List all lines of the data containing the word "these".
Segment Start: Exercise input
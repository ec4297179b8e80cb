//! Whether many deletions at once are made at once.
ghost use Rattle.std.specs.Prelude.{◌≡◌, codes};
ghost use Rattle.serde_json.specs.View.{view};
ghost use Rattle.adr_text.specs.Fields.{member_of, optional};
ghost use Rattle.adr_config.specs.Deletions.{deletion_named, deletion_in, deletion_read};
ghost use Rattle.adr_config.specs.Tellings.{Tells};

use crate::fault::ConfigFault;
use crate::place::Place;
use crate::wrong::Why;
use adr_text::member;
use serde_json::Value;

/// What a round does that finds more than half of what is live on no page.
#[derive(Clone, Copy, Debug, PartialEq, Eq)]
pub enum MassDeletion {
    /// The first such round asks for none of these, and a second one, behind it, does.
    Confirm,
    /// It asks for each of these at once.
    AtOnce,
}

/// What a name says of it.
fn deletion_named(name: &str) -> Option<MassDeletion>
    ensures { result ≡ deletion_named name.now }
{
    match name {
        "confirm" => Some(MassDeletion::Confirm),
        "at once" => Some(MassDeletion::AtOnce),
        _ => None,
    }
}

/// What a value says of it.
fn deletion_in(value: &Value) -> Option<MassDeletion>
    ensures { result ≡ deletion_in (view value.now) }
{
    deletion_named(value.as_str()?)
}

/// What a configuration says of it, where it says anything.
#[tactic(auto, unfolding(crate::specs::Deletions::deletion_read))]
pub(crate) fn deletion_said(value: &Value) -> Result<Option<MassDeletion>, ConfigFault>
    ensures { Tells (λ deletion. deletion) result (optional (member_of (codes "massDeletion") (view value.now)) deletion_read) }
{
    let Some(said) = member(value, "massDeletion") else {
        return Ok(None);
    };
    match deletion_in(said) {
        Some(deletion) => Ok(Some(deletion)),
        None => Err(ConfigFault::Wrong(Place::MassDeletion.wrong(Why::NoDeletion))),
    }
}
Segment End: Exercise input
Segment Start: Exercise input
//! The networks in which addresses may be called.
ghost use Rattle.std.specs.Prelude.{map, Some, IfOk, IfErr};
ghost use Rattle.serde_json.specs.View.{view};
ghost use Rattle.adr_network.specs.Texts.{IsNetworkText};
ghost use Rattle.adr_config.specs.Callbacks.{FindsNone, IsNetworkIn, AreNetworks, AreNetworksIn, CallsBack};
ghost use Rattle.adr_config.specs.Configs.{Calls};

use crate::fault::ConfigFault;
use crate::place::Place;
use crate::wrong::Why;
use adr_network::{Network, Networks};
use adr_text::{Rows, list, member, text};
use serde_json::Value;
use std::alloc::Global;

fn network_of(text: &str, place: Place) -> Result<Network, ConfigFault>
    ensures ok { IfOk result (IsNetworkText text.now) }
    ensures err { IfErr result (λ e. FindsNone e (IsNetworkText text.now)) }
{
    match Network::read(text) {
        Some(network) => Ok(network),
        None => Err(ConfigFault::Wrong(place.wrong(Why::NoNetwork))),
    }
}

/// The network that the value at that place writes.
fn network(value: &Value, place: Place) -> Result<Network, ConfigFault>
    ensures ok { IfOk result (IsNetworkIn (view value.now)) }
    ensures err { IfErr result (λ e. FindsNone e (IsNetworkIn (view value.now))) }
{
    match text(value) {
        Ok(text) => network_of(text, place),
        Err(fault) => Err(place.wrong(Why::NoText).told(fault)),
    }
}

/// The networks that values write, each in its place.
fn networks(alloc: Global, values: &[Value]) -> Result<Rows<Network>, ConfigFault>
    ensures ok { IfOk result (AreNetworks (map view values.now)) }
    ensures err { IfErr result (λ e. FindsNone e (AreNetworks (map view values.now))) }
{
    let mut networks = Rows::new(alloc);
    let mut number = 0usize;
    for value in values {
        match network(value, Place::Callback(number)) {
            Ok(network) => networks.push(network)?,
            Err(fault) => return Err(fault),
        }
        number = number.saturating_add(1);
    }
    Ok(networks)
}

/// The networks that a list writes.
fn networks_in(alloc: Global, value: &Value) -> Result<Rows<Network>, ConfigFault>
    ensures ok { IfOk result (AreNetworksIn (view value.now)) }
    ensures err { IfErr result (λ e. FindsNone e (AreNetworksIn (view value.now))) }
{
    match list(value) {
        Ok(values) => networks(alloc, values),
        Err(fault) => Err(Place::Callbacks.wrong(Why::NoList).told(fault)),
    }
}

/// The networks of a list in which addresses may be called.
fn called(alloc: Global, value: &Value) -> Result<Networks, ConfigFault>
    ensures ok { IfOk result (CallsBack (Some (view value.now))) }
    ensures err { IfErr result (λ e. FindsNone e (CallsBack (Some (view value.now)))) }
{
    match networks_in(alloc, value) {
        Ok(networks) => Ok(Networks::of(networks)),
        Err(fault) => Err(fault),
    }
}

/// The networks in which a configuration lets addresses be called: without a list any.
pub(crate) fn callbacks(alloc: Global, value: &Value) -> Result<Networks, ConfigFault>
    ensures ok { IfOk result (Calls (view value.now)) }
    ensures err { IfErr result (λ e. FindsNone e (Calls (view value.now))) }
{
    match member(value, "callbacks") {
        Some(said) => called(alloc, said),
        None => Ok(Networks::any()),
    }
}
Segment End: Exercise input
*Solution for this problem*
    /// The first such round asks for none of these, and a second one, behind it, does.
    /// It asks for each of these at once.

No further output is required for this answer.